Corinthian Colleges to sell off 85 campuses; close 12 others
by Chris Morran, Consumerist
While most of us spent the July 4th weekend relaxing and trying to not think about work or school, the folks at faltering for-profit education company Corinthian Colleges — operators of Everest University, WyoTech, and Heald College — were busy slapping For Sale signs on almost all of their campuses around the country.
Okay, so maybe no one from CCI was actually placing those campuses on Craigslist, but the company did reach a deal with the Dept. of Education that will result in the sale of 85 schools and the closure of 12 others during the next six months.
Corinthian, which had been receiving around $1.4 billion a year in funding via federal student loans, is currently being sued or under investigation by numerous state and federal authorities for its recruitment and marketing practices.
When CCI failed to turn over documents related to these investigations, the U.S. Dept. of Education put a hold on its access to loan funds, effectively ringing the death knell for the company.
In late June, CCI and Education announced they had reached a tentative agreement to wind down the company’s operations through the sale of campuses and teach-out programs at campuses that were not sold.
The two parties were unable to reach a final deal by the July 1 deadline, but talks continued until Thursday evening, when they announced an arrangement that will release $35 million in student aid, under the condition that it can only be used to pay for approved education activities. These include student refunds, payroll expenses, accounts payable, interest and related fees, and related professional fees.

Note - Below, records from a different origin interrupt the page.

//! The antenna reference point of a station.

ghost use Rattle.std.specs.Prelude.{◌≡◌, List, ◌∷◌};
ghost use Rattle.rtk_message.specs.declared.any_message.AnyMessage.{AnyMessage};
ghost use Rattle.rtk_survey.specs.ReferencePoints as spec;

use crate::points::are_far;
use rtk_message::{AnyMessage, Arp1005, Message};

/// The antenna reference point of a station (ECEF), in 0.0001 m.
#[derive(Clone, Copy, Debug, PartialEq, Eq)]
pub struct ReferencePoint {
    /// X (DF025).
    pub x: i64,
    /// Y (DF026).
    pub y: i64,
    /// Z (DF027).
    pub z: i64,
}

fn point_of_arp(arp: &Arp1005) -> ReferencePoint
    ensures { result ≡ spec.point_of_arp arp.now }
{
    ReferencePoint {
        x: arp.x,
        y: arp.y,
        z: arp.z,
    }
}

fn is_zero(coordinate: &i64) -> bool
    ensures { result ≡ spec.is_zero coordinate.now }
{
    coordinate.unsigned_abs() == 0
}

// A station that does not know its position sends zeros.
fn is_unknown(point: &ReferencePoint) -> bool
    ensures { result ≡ spec.is_unknown point.now }
{
    is_zero(&point.x) && is_zero(&point.y) && is_zero(&point.z)
}

fn known_point(point: ReferencePoint) -> Option<ReferencePoint>
    ensures { result ≡ spec.known_point point }
{
    if is_unknown(&point) {
        None
    } else {
        Some(point)
    }
}

fn point_of_four(message: &Message) -> Option<ReferencePoint>
    ensures { result ≡ spec.point_of_four message.now }
{
    match message {
        Message::Arp1005(message) => known_point(point_of_arp(message)),
        Message::Arp1006(message) => known_point(point_of_arp(&message.arp)),
        Message::Obs1004(_) | Message::Msm1074(_) => None,
    }
}

fn point_of(message: &AnyMessage) -> Option<ReferencePoint>
    ensures { result ≡ spec.point_of message.now }
{
    match message {
        AnyMessage::Message(message) => point_of_four(message),
        AnyMessage::Msm(_) | AnyMessage::Obs1012(_) => None,
    }
}

/// The first reference point of a station, after a message more.
pub fn first_point_with(
    first: Option<ReferencePoint>,
    message: &AnyMessage,
) -> Option<ReferencePoint>
    ensures { (ms : List AnyMessage) → first ≡ spec.first_point ms → result ≡ spec.first_point (message.now ∷ ms) }
{
    match first {
        Some(point) => Some(point),
        None => point_of(message),
    }
}

// The point, if it is far from the first one.
fn if_far(first: Option<ReferencePoint>, point: Option<ReferencePoint>) -> Option<ReferencePoint>
    ensures { result ≡ spec.if_far first point }
{
    match (first, point) {
        (Some(first), Some(point)) if are_far(&first, &point) => Some(point),
        _ => None,
    }
}

/// The first reference point of a station that is far from its first one, after a message more; before it these
/// are the first one and the far one.
pub fn far_point_with(
    first: Option<ReferencePoint>,
    far: Option<ReferencePoint>,
    message: &AnyMessage,
) -> Option<ReferencePoint>
    ensures { (ms : List AnyMessage) → first ≡ spec.first_point ms → far ≡ spec.far_point ms
        → result ≡ spec.far_point (message.now ∷ ms) }
{
    match far {
        Some(point) => Some(point),
        None => if_far(first, point_of(message)),
    }
}

fn are_other(a: &ReferencePoint, b: &ReferencePoint) -> bool
    ensures { result ≡ spec.are_other a.now b.now }
{
    !(a.x == b.x && a.y == b.y && a.z == b.z)
}

/// Is it another point than the first one? None differs from none.
pub fn is_other_point(first: Option<ReferencePoint>, point: Option<ReferencePoint>) -> bool
    ensures { result ≡ spec.is_other_point first point }
{
    match (first, point) {
        (Some(first), Some(point)) => are_other(&first, &point),
        _ => false,
    }
}

/// Has a station told another reference point than its first one, after a message more? Before it these are the
/// first one and whether it had.
pub fn has_other_point_with(
    first: Option<ReferencePoint>,
    has_other: bool,
    message: &AnyMessage,
) -> bool
    ensures { (ms : List AnyMessage) → first ≡ spec.first_point ms → has_other ≡ spec.has_other_point ms
        → result ≡ spec.has_other_point (message.now ∷ ms) }
{
    has_other || is_other_point(first, point_of(message))
}
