//! How many phases the satellites of a station have in each code.

ghost use Rattle.std.specs.Prelude.{◌≡◌, ◌+◌, ◌||◌, ℕ, List, [], ◌∷◌, ◌++◌, is_some, OnOk};
ghost use Rattle.rtk_message.specs.declared.any_message.AnyMessage.{AnyMessage};
ghost use Rattle.rtk_obs.specs.declared.cell.CellEntry.{CellEntry};
ghost use Rattle.rtk_survey.specs.Contents.{one_if};
ghost use Rattle.rtk_survey.specs.Counting.{shown_count};
ghost use Rattle.rtk_survey.specs.Phases as spec;
ghost use Rattle.rtk_survey.specs.Tracing.{entries_of_message, has_value};

use crate::signals::{CODES, SATELLITES, has_value};
use rtk_message::{AnyMessage, MsmKind};
use rtk_obs::{Cell, CellEntry, Code};
use std::alloc::{AllocError, Global};

/// The places of a table.
const PLACES: usize = SATELLITES * CODES;

/// What a satellite has of a code.
#[derive(Clone, Copy, Debug, PartialEq, Eq)]
pub struct PhaseCount {
    /// It has a range, a phase or a strength.
    pub has_value: bool,
    /// How many phases it has.
    pub phases: u64,
}

/// The phases of a station, by number of the message, satellite and code. A table is made with the first
/// message of its number.
#[derive(Drop)]
pub struct Phases {
    pub of_1004: Vec<PhaseCount>,
    pub of_1074: Vec<PhaseCount>,
    pub of_1075: Vec<PhaseCount>,
    pub of_1076: Vec<PhaseCount>,
    pub of_1077: Vec<PhaseCount>,
}

// The place of a satellite and a code in a table.
fn place_in_table(satellite: u8, code: Code) -> usize
    ensures { result ≡ spec.place_in_table satellite code }
{
    CODES * usize::from(satellite) + code.place()
}

impl PhaseCount {
    /// Nothing came.
    pub fn nothing() -> PhaseCount
        ensures counts { (n : ℕ) → result ≡ spec.phase_count n [] }
        ensures none { result ≡ spec.no_phases }
    {
        PhaseCount {
            has_value: false,
            phases: 0,
        }
    }

    /// A cell more.
    pub(crate) fn take(&mut self, cell: &Cell)
        ensures has_value { self.new.has_value ≡ (has_value cell.now || self.old.has_value) }
        ensures phases { self.new.phases ≡ shown_count (self.old.phases + one_if (is_some cell.now.phase_millicycles)) }
    {
        self.has_value = has_value(cell) || self.has_value;
        self.phases = self
            .phases
            .saturating_add(u64::from(cell.phase_millicycles.is_some()));
    }
}

fn take_entry(table: &mut Vec<PhaseCount>, entry: &CellEntry)
    ensures { (es : List CellEntry) → spec.CountsPlaces table.old.items es
        → spec.CountsPlaces table.new.items (entry.now ∷ es) }
{
    let place = place_in_table(entry.satellite, entry.code);
    if place < table.len() {
        table[place].take(&entry.cell);
    }
}

fn take_entries(table: &mut Vec<PhaseCount>, entries: &[CellEntry])
    ensures { (es : List CellEntry) → spec.CountsPlaces table.old.items es
        → spec.CountsPlaces table.new.items (entries.now ++ es) }
{
    for entry in entries {
        take_entry(table, entry);
    }
}

// Makes a table, unless it is there.
fn make_table(alloc: Global, table: &mut Vec<PhaseCount>) -> Result<(), AllocError>
    ensures { OnOk result ((es : List CellEntry) → spec.CountsPhases table.old.items es → spec.CountsPlaces table.new.items es) }
{
    if table.len() == 0 {
        *table = vec![in alloc; PhaseCount::nothing(); PLACES]?;
    }
    Ok(())
}

// Takes the cells of a message, if it has this number.
fn take_numbered(
    alloc: Global,
    table: &mut Vec<PhaseCount>,
    number: u16,
    message: &AnyMessage,
    entries: &[CellEntry],
) -> Result<(), AllocError>
    requires { entries.now ≡ entries_of_message message.now }
    ensures { OnOk result ((ms : List AnyMessage) → spec.CountsPhases table.old.items (spec.entries_numbered number ms)
        → spec.CountsPhases table.new.items (spec.entries_numbered number (message.now ∷ ms))) }
{
    if message.number() == number {
        make_table(alloc, table)?;
        take_entries(table, entries);
    }
    Ok(())
}

impl Phases {
    /// Nothing came.
    pub(crate) fn new(alloc: Global) -> Phases
        ensures { spec.HasPhases result [] }
    {
        Phases {
            of_1004: Vec::new(alloc),
            of_1074: Vec::new(alloc),
            of_1075: Vec::new(alloc),
            of_1076: Vec::new(alloc),
            of_1077: Vec::new(alloc),
        }
    }

    /// Takes a message of the station, with its cells.
    pub(crate) fn take_message(
        &mut self,
        alloc: Global,
        message: &AnyMessage,
        entries: &[CellEntry],
    ) -> Result<(), AllocError>
        requires { entries.now ≡ entries_of_message message.now }
        ensures { OnOk result ((ms : List AnyMessage) → spec.HasPhases self.old ms
            → spec.HasPhases self.new (message.now ∷ ms)) }
    {
        take_numbered(alloc, &mut self.of_1004, 1004, message, entries)?;
        take_numbered(alloc, &mut self.of_1074, 1074, message, entries)?;
        take_numbered(alloc, &mut self.of_1075, 1075, message, entries)?;
        take_numbered(alloc, &mut self.of_1076, 1076, message, entries)?;
        take_numbered(alloc, &mut self.of_1077, 1077, message, entries)
    }

    /// The table of an MSM.
    pub fn of_msm(&self, kind: MsmKind) -> &[PhaseCount]
        ensures { result.now ≡ spec.table_of_msm self.now kind }
    {
        match kind {
            MsmKind::Msm4 => self.of_1074.as_slice(),
            MsmKind::Msm5 => self.of_1075.as_slice(),
            MsmKind::Msm6 => self.of_1076.as_slice(),
            MsmKind::Msm7 => self.of_1077.as_slice(),
        }
    }
}

/// What a satellite, by its mask bit (DF394), has of the code of a place among those of its system, by a table.
pub fn count_in_table(table: &[PhaseCount], bit: u8, code: u8) -> PhaseCount
    ensures { result ≡ spec.count_in table.now bit code }
{
    let place = CODES * usize::from(bit) + usize::from(code);
    table.get(place).copied().unwrap_or(PhaseCount::nothing())
}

Corinthian can not use federal funding to pay dividends, legal settlements of lawsuits or investigations, or debt repayments.

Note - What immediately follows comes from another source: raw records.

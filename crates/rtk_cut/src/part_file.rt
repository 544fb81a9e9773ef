//! Writing a part of a file.

ghost use Rattle.std.specs.Prelude.{◌≡◌, ◌≢◌, ◌≤◌, List, Err, IfOk, OnOk, OnErr, IsErrOf};
ghost use Rattle.rtk_frame.specs.Stream.{with_more, TakesPart, CountRises};
ghost use Rattle.rtk_rinex.specs.Record.{EpochTableView};
ghost use Rattle.rtk_cut.specs.Cut.{IsStepOrNone};
ghost use Rattle.rtk_cut.specs.CutWriting.{WritesPart, CountsPart, WritesFirstOfPart, WritesMixedPart, CountsMixedPart, WritesFirstOfMixedPart};
ghost use Rattle.rtk_cut.specs.Steps.FileTexts.{part_text};
ghost use Rattle.rtk_cut.specs.Steps.PartFile.{CountsEpochs};
ghost use Rattle.rtk_cut.specs.Steps.Pending.{StandsForNone};
ghost use Rattle.rtk_cut.specs.declared.fault.CutFault.TheVariants.{Write};

use crate::counts::CutCounts;
use crate::epoch_file::EpochFile;
use crate::fault::CutFault;
use crate::gps_file::GpsFile;
use crate::mixed_file::MixedFile;
use crate::part::{Choice, Part};
use crate::part_writer::PartWriter;
use rtk_frame::Sink;
use rtk_rinex::{MixedTextTable, TextTable};
use rtk_tracking::{interval, mixed_interval, nearness_ms};
use std::alloc::Global;

// Writes the chosen part of a file of which no record was read.
fn cut_file<F: EpochFile + Drop, W: Sink>(
    alloc: Global,
    file: F,
    choice: Choice,
    out: &mut W,
) -> Result<CutCounts, CutFault>
    requires step { IsStepOrNone choice.every }
    requires near { choice.near_ms ≤ 25 }
    requires marks { StandsForNone (F.marks file) }
    ensures all { OnOk result ((epochs : List EpochTableView) → F.AreLeft file epochs
        → W.taken out.new ≡ with_more (W.taken out.old) (part_text choice (F.texts file) epochs)) }
    ensures counts { IfOk result (λ counts. (epochs : List EpochTableView) → F.AreLeft file epochs → CountsEpochs choice epochs counts) }
    ensures part { OnErr result ((epochs : List EpochTableView) → F.AreLeft file epochs
        → TakesPart (W.taken out.old) (W.taken out.new) (part_text choice (F.texts file) epochs)) }
    ensures write_failed { IsErrOf result Write → CountRises (W.failures out.old) (W.failures out.new) }
    ensures no_failed_write { result ≢ Err Write → W.failures out.new ≡ W.failures out.old }
{
    let mut writer = PartWriter::new(file, choice);
    while let Some(read) = writer.file.next() {
        writer.write_next(alloc, &read, out)?;
    }
    writer.write_end(alloc, out)?;
    Ok(writer.counts)
}

/// Writes a part of a file of GPS, a record at a time, and the header with the first one. Answers how many
/// records were read and written.
///
/// Of a record whose slips stay as they are its own text is written. The memory that is held does
/// not grow with the file.
pub fn cut<W: Sink>(
    alloc: Global,
    table: &TextTable<'_>,
    part: Part,
    out: &mut W,
) -> Result<CutCounts, CutFault>
    requires step { IsStepOrNone part.every }
    ensures all { OnOk result (WritesPart table.now.text part (W.taken out.old) (W.taken out.new)) }
    ensures counts { IfOk result (CountsPart table.now.text part) }
    ensures part { OnErr result (WritesFirstOfPart table.now.text part (W.taken out.old) (W.taken out.new)) }

    // A failed write is told, and nothing else is told as one. Else it fails only if memory is refused:
    // tests/system/calls, rows `cut ..`.
    ensures write_failed { IsErrOf result Write → CountRises (W.failures out.old) (W.failures out.new) }
    ensures no_failed_write { result ≢ Err Write → W.failures out.new ≡ W.failures out.old }
{
    let interval_ms = interval(alloc, table)?;
    let choice = Choice::new(part, nearness_ms(interval_ms));
    let file = GpsFile::new(alloc, table)?;
    cut_file(alloc, file, choice, out)
}

/// Writes a part of a file of any systems, as `cut` does for GPS.
pub fn cut_mixed<W: Sink>(
    alloc: Global,
    table: &MixedTextTable<'_>,
    part: Part,
    out: &mut W,
) -> Result<CutCounts, CutFault>
    requires step { IsStepOrNone part.every }
    ensures all { OnOk result (WritesMixedPart table.now.text part (W.taken out.old) (W.taken out.new)) }
    ensures counts { IfOk result (CountsMixedPart table.now.text part) }
    ensures part { OnErr result (WritesFirstOfMixedPart table.now.text part (W.taken out.old) (W.taken out.new)) }

    // It fails as `cut` does: tests/system/calls, row `cut_mixed`.
    ensures write_failed { IsErrOf result Write → CountRises (W.failures out.old) (W.failures out.new) }
    ensures no_failed_write { result ≢ Err Write → W.failures out.new ≡ W.failures out.old }
{
    let interval_ms = mixed_interval(alloc, table)?;
    let choice = Choice::new(part, nearness_ms(interval_ms));
    cut_file(alloc, MixedFile::new(table), choice, out)
}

The school must hire an independent monitor that will have access to Corinthian personnel and budgets “to ensure prudent financial management and see that taxpayer-funded federal student aid dollars are spent well.” This monitor will be responsible for reviewing the campus sales and the teach-out plans.
The dozen schools that will enter the teach-out phase must stop accepting new students.
CCI must also create a reserve fund of at least $30 million for refunds to students.
“We have accepted an operating plan for Corinthian Colleges Inc. that will protect students’ futures and fulfill the Department’s responsibilities to taxpayers moving forward,” U.S. Education Under Secretary Ted Mitchell said.
The actual campuses being closed are not listed in the operating agreement [PDF], though a previous court filing had specifically called out all Heald College campuses as going up for sale.
What’s still not known is whether students at any of the for-sale or teach-out campuses will be given the option of ending their education and having their federal student loans discharged.
Federal law allows for students at closed schools who choose to not continue their education to apply for a 100% discharge of their student loan obligation. Since the sale/teach-out programs could keep those students moving forward with their schooling, the government hopes to not lose out on the $1 billion or more that it could lose through discharge.
In the wake of the initial agreement, a group of 12 U.S. Senators wrote to Education Secretary Arne Duncan, suggesting that students should be given the option of taking the discharge even if their campus is sold to another college.
Additionally, the Senators called on Education to ensure that the buyer(s) of these campuses is not also under investigation.